◆ Exercise instructions ◆
Give back exactly the lines that run from the beginning of the entries to the line containing "meets all facts.", both included, and nothing else.

Collected data:
[Start of section]

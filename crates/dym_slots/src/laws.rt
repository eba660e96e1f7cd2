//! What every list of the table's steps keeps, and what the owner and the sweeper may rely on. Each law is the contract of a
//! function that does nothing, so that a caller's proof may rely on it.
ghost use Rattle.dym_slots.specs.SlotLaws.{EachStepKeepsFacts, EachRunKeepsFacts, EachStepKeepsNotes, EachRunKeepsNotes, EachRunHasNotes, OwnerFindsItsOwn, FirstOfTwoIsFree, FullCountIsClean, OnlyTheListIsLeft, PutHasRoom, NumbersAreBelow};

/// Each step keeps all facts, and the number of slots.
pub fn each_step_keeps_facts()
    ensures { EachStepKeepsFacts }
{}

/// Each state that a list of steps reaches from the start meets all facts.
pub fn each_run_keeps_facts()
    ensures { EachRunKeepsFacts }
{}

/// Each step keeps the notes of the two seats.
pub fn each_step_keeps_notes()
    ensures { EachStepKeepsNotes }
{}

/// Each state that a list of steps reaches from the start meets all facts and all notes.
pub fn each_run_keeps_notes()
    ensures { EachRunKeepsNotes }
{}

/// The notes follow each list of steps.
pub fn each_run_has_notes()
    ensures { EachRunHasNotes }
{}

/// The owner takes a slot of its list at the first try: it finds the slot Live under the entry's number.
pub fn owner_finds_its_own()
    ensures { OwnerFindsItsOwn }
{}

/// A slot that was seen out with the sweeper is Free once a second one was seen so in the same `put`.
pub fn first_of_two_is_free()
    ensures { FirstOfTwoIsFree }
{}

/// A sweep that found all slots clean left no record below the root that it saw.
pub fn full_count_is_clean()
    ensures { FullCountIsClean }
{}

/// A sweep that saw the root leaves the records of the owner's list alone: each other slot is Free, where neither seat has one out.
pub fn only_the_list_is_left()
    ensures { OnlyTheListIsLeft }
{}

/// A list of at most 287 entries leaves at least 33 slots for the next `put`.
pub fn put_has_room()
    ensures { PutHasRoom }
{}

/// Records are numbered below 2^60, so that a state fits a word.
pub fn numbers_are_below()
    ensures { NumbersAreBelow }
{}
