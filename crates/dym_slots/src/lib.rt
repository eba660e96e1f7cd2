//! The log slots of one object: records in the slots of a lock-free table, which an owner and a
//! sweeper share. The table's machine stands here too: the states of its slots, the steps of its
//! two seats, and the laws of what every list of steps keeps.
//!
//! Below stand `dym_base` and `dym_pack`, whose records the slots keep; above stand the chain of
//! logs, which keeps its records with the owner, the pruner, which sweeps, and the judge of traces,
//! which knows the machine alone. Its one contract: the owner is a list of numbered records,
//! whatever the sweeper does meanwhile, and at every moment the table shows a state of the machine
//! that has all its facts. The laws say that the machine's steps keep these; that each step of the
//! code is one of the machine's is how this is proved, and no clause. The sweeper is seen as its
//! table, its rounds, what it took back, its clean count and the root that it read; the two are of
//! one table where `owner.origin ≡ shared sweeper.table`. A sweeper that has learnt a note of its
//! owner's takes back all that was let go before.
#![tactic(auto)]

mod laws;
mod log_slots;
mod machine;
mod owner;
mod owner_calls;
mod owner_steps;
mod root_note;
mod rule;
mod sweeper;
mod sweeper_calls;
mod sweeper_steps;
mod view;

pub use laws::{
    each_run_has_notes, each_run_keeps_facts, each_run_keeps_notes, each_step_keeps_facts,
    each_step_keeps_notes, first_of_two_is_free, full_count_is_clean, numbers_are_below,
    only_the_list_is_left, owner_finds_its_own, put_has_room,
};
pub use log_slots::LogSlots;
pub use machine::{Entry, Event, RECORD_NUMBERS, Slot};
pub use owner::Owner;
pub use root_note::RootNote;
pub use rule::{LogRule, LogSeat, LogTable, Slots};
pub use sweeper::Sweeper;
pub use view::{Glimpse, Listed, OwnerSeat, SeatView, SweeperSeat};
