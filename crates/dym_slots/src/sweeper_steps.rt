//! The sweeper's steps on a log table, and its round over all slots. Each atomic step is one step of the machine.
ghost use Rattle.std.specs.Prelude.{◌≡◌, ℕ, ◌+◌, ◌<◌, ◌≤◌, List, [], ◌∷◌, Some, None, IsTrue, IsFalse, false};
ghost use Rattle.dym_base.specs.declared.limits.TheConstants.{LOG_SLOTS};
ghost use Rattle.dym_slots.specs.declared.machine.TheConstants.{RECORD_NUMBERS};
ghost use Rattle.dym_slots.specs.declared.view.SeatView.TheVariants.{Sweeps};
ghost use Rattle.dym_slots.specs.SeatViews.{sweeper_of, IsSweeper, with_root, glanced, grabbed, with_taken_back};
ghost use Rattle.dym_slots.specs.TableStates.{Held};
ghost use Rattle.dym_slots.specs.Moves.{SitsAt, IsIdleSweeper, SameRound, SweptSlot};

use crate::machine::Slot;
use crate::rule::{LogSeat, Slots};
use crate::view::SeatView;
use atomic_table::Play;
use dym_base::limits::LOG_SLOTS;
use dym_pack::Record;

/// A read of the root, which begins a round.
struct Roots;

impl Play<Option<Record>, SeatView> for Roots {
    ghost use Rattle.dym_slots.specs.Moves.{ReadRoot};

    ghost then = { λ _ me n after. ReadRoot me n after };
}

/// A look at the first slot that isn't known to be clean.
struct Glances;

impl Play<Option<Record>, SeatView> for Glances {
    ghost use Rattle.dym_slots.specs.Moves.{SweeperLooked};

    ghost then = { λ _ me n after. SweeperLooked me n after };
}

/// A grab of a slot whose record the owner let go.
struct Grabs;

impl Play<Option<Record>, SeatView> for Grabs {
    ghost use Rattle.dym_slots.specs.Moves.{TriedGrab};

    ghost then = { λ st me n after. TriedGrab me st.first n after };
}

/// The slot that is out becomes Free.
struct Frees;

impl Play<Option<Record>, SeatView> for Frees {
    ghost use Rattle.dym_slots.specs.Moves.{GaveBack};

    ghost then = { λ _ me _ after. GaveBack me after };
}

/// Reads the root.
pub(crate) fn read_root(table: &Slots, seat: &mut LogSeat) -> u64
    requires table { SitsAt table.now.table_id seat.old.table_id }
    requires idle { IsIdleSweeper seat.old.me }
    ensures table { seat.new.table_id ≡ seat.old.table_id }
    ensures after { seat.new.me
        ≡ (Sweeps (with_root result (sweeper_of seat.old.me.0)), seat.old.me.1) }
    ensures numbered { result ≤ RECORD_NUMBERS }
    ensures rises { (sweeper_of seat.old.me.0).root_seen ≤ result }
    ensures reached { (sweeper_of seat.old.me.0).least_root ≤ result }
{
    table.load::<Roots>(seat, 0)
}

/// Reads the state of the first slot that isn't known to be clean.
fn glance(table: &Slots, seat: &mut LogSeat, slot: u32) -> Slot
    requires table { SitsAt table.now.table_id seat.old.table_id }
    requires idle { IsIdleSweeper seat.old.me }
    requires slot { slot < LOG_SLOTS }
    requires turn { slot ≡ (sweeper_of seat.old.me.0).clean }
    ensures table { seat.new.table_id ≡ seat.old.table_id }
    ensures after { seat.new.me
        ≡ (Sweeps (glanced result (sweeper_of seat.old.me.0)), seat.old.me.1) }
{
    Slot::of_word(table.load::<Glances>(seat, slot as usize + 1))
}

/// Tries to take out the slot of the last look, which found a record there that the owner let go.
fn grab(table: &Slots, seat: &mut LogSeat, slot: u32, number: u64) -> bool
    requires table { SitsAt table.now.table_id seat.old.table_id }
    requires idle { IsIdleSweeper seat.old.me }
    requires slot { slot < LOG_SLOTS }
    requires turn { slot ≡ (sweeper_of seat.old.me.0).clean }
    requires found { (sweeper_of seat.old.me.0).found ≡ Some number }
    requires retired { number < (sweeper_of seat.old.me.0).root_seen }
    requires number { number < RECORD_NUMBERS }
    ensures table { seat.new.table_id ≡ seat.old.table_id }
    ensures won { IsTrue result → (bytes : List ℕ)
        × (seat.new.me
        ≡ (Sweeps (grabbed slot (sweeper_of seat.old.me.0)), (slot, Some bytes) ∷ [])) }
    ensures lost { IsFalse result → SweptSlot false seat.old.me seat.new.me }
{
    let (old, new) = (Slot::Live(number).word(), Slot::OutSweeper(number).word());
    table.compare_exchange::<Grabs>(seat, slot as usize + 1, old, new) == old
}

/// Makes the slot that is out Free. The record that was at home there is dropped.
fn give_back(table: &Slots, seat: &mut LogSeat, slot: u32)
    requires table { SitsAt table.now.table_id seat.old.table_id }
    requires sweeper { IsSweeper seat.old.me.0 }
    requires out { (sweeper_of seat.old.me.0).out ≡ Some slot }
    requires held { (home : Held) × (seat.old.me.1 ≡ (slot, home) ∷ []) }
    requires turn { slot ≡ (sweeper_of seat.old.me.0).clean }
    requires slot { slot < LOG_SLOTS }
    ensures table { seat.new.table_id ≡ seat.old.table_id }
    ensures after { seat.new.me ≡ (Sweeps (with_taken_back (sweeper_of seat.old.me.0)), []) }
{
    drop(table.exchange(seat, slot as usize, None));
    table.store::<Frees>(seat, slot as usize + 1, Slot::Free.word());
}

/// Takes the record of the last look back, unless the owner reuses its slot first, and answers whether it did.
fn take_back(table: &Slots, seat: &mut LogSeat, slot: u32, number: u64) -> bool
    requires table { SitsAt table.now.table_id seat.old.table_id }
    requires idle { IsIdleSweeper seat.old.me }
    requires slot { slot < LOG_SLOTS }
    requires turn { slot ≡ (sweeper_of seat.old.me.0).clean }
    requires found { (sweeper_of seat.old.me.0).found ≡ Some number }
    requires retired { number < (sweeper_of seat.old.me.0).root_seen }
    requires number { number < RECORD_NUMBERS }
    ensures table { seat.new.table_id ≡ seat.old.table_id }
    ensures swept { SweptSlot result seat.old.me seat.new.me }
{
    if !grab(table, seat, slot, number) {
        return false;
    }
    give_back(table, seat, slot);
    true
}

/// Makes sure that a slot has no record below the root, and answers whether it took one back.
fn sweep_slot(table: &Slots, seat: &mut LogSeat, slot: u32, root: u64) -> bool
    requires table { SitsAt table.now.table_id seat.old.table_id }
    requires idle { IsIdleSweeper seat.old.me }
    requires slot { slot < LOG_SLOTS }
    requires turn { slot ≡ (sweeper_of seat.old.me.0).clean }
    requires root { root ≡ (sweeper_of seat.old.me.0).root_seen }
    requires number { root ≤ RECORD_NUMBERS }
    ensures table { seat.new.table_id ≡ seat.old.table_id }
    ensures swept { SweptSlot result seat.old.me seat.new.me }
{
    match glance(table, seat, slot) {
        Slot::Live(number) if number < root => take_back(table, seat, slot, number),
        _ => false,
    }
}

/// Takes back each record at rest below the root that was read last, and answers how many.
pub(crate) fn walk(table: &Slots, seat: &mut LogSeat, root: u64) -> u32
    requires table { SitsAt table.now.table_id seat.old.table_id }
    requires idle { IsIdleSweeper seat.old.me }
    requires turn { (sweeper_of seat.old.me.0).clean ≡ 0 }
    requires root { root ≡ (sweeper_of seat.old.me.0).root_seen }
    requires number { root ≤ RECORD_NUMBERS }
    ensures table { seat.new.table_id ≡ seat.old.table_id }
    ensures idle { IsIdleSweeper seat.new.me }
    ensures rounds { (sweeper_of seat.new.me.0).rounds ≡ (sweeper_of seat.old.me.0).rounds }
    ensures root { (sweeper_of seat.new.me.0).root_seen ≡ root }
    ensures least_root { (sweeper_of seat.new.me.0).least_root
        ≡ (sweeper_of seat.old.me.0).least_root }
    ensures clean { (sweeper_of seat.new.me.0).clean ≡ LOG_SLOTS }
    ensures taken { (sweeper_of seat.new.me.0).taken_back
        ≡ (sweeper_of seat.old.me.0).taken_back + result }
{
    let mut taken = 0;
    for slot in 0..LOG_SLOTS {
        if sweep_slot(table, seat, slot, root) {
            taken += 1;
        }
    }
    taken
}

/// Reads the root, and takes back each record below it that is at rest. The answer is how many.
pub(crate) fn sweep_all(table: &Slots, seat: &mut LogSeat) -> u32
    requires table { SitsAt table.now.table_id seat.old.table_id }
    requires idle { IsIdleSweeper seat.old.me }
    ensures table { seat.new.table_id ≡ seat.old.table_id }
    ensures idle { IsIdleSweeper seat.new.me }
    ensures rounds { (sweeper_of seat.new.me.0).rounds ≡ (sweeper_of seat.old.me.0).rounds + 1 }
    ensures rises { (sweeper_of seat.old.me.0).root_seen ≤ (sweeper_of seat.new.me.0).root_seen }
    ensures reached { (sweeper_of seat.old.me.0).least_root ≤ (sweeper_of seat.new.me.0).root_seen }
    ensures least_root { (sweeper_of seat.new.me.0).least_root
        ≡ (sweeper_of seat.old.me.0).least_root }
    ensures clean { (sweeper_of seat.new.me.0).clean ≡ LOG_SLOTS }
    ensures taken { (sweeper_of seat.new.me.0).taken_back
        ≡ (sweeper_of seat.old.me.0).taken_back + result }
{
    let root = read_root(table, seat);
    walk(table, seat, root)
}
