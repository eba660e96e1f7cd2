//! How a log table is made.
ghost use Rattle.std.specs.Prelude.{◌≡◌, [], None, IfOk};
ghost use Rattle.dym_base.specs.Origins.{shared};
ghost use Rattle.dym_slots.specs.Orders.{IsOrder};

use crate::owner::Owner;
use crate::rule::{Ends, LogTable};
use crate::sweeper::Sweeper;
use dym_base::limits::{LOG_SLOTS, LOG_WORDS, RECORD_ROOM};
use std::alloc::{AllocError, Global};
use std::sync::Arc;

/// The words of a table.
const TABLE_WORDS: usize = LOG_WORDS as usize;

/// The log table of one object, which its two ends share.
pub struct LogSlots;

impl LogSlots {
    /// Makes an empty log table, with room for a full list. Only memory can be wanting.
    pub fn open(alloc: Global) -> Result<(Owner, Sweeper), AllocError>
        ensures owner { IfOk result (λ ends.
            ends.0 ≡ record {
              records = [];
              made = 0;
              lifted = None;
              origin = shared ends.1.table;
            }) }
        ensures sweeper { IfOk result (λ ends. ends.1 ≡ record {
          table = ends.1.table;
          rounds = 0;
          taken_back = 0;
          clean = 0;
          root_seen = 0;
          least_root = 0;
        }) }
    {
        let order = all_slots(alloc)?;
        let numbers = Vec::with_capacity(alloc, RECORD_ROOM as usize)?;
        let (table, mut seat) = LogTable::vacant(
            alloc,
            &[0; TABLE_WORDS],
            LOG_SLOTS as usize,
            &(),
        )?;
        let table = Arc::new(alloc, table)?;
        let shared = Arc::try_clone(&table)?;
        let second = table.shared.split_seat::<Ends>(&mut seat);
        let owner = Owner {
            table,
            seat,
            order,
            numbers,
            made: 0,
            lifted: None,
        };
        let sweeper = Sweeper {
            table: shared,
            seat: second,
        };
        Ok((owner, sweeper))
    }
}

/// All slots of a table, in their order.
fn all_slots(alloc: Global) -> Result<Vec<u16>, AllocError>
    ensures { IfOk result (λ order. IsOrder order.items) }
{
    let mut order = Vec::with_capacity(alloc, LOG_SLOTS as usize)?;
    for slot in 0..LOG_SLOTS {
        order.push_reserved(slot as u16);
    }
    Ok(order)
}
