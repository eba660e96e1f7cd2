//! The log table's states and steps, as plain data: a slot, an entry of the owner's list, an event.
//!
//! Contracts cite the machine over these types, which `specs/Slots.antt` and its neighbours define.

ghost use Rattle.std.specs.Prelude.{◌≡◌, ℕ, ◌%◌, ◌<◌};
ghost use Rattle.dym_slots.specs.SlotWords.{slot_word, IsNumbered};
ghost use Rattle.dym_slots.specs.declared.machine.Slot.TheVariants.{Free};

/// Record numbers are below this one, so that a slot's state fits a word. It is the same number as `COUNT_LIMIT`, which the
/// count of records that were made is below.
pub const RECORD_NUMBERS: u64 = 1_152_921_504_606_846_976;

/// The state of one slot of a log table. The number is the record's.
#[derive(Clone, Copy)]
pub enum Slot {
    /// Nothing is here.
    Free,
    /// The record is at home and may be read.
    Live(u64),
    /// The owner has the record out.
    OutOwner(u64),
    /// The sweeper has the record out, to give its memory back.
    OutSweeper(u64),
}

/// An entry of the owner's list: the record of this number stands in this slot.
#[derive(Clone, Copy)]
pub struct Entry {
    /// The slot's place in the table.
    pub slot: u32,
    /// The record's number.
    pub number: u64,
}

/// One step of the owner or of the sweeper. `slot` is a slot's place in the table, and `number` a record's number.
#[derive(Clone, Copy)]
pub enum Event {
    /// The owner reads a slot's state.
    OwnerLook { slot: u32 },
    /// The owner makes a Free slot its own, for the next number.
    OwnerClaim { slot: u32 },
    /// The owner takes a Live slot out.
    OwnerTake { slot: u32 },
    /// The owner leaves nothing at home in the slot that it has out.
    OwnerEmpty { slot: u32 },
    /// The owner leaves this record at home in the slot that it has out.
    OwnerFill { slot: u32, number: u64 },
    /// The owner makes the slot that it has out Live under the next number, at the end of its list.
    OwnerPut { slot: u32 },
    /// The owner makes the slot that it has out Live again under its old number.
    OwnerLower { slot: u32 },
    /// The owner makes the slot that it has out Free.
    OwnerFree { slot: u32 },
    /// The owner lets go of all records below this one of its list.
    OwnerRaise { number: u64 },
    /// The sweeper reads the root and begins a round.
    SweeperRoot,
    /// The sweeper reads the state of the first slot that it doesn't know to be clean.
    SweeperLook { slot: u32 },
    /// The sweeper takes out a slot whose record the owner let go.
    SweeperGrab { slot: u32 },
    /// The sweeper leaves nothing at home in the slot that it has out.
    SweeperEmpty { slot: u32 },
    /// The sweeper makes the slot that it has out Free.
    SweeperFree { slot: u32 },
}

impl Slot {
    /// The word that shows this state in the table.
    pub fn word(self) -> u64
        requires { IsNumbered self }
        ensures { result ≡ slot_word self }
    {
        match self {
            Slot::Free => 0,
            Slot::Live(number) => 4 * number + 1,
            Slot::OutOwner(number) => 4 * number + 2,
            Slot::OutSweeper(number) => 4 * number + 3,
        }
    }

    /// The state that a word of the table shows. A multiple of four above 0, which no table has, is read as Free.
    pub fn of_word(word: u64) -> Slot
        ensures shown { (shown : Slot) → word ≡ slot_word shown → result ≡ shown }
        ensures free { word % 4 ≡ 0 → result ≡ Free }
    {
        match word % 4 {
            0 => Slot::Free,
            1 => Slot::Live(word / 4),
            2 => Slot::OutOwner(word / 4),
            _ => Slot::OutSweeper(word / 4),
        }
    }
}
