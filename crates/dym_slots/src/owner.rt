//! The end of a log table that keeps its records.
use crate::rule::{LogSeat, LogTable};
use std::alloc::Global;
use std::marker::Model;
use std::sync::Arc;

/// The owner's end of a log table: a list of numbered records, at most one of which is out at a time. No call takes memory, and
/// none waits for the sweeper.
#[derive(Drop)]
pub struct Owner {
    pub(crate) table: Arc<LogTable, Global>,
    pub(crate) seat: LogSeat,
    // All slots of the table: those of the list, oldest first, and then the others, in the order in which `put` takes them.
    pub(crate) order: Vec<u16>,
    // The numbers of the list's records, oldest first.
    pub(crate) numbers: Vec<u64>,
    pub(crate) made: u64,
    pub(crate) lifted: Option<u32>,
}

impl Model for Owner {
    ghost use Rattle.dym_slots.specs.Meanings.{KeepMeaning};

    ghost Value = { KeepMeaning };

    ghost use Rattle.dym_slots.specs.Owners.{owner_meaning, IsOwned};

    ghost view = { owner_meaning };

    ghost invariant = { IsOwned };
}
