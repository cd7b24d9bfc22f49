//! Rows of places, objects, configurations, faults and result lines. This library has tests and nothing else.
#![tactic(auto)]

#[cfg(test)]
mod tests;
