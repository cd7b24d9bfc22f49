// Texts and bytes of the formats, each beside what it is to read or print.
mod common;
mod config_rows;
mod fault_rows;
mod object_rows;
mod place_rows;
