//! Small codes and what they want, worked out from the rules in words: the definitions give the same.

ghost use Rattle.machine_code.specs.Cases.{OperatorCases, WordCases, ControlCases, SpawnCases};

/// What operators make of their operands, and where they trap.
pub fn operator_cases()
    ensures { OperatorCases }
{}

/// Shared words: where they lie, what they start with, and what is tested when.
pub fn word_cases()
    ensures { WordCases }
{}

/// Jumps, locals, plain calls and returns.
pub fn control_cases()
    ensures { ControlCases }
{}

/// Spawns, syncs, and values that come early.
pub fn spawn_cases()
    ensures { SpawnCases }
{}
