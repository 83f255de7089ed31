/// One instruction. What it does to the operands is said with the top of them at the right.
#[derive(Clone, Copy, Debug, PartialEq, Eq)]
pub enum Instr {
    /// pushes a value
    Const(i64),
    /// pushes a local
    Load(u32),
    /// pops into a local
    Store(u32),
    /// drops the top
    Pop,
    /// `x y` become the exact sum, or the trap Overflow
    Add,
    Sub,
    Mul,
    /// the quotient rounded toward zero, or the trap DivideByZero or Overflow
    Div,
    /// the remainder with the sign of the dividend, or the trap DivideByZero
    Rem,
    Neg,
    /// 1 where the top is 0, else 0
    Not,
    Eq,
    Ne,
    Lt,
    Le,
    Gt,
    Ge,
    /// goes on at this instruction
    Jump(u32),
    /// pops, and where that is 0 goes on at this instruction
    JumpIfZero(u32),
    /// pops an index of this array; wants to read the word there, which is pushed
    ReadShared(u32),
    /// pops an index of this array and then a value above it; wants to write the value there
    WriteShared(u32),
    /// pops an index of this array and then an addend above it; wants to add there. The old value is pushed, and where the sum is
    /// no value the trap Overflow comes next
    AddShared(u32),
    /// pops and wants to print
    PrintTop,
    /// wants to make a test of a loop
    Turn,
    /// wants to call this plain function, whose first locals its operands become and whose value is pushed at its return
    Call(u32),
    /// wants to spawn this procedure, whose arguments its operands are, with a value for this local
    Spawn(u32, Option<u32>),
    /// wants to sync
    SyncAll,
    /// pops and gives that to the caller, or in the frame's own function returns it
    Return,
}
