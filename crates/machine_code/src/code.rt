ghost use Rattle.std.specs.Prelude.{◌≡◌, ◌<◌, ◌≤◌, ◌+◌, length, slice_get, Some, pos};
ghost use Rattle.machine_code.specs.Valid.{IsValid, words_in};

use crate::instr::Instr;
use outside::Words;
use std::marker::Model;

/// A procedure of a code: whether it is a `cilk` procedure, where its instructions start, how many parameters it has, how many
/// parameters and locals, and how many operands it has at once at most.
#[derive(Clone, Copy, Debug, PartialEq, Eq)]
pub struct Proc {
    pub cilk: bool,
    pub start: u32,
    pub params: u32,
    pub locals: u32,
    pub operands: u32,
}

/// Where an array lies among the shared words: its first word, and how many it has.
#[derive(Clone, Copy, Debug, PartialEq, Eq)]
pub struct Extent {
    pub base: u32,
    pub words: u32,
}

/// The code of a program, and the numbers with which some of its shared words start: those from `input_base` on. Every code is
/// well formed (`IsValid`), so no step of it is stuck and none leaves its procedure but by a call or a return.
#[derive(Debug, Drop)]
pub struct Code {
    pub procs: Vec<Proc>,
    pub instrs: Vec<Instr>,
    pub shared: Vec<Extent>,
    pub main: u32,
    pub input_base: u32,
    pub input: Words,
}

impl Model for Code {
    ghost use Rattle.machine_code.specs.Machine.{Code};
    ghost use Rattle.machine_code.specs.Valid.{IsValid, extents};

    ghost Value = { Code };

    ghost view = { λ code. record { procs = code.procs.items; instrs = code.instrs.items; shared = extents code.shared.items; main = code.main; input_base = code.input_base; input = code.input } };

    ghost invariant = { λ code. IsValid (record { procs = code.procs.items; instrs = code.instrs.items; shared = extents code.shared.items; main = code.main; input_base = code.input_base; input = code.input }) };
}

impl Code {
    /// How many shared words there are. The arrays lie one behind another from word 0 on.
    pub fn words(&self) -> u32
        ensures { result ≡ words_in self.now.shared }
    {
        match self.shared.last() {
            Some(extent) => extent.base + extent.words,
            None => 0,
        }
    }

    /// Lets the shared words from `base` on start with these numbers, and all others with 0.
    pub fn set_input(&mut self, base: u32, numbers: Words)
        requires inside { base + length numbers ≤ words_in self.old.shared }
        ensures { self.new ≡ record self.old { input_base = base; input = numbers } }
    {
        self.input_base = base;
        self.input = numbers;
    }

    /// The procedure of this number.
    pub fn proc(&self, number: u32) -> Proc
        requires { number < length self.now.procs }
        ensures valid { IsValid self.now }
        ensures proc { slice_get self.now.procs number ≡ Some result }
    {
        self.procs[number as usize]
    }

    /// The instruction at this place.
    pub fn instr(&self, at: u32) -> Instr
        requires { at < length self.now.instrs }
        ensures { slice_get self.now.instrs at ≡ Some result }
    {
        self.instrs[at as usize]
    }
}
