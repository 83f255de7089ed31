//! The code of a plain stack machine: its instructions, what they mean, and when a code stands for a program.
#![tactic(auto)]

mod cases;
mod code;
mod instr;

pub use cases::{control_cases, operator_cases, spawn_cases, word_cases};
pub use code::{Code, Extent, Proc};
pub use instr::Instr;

[End of section]

◆ Answer to the exercise ◆
filename crates/dym_slots/src/laws.rt
repository eba660e96e1f7cd2
//! What every list of the table's steps keeps, and what the owner and the sweeper may rely on. Each law is the contract of a
//! function that does nothing, so that a caller's proof may rely on it.
ghost use Rattle.dym_slots.specs.SlotLaws.{EachStepKeepsFacts, EachRunKeepsFacts, EachStepKeepsNotes, EachRunKeepsNotes, EachRunHasNotes, OwnerFindsItsOwn, FirstOfTwoIsFree, FullCountIsClean, OnlyTheListIsLeft, PutHasRoom, NumbersAreBelow};

/// Each step keeps all facts, and the number of slots.
pub fn each_step_keeps_facts()
    ensures { EachStepKeepsFacts }
{}

/// Each state that a list of steps reaches from the start meets all facts.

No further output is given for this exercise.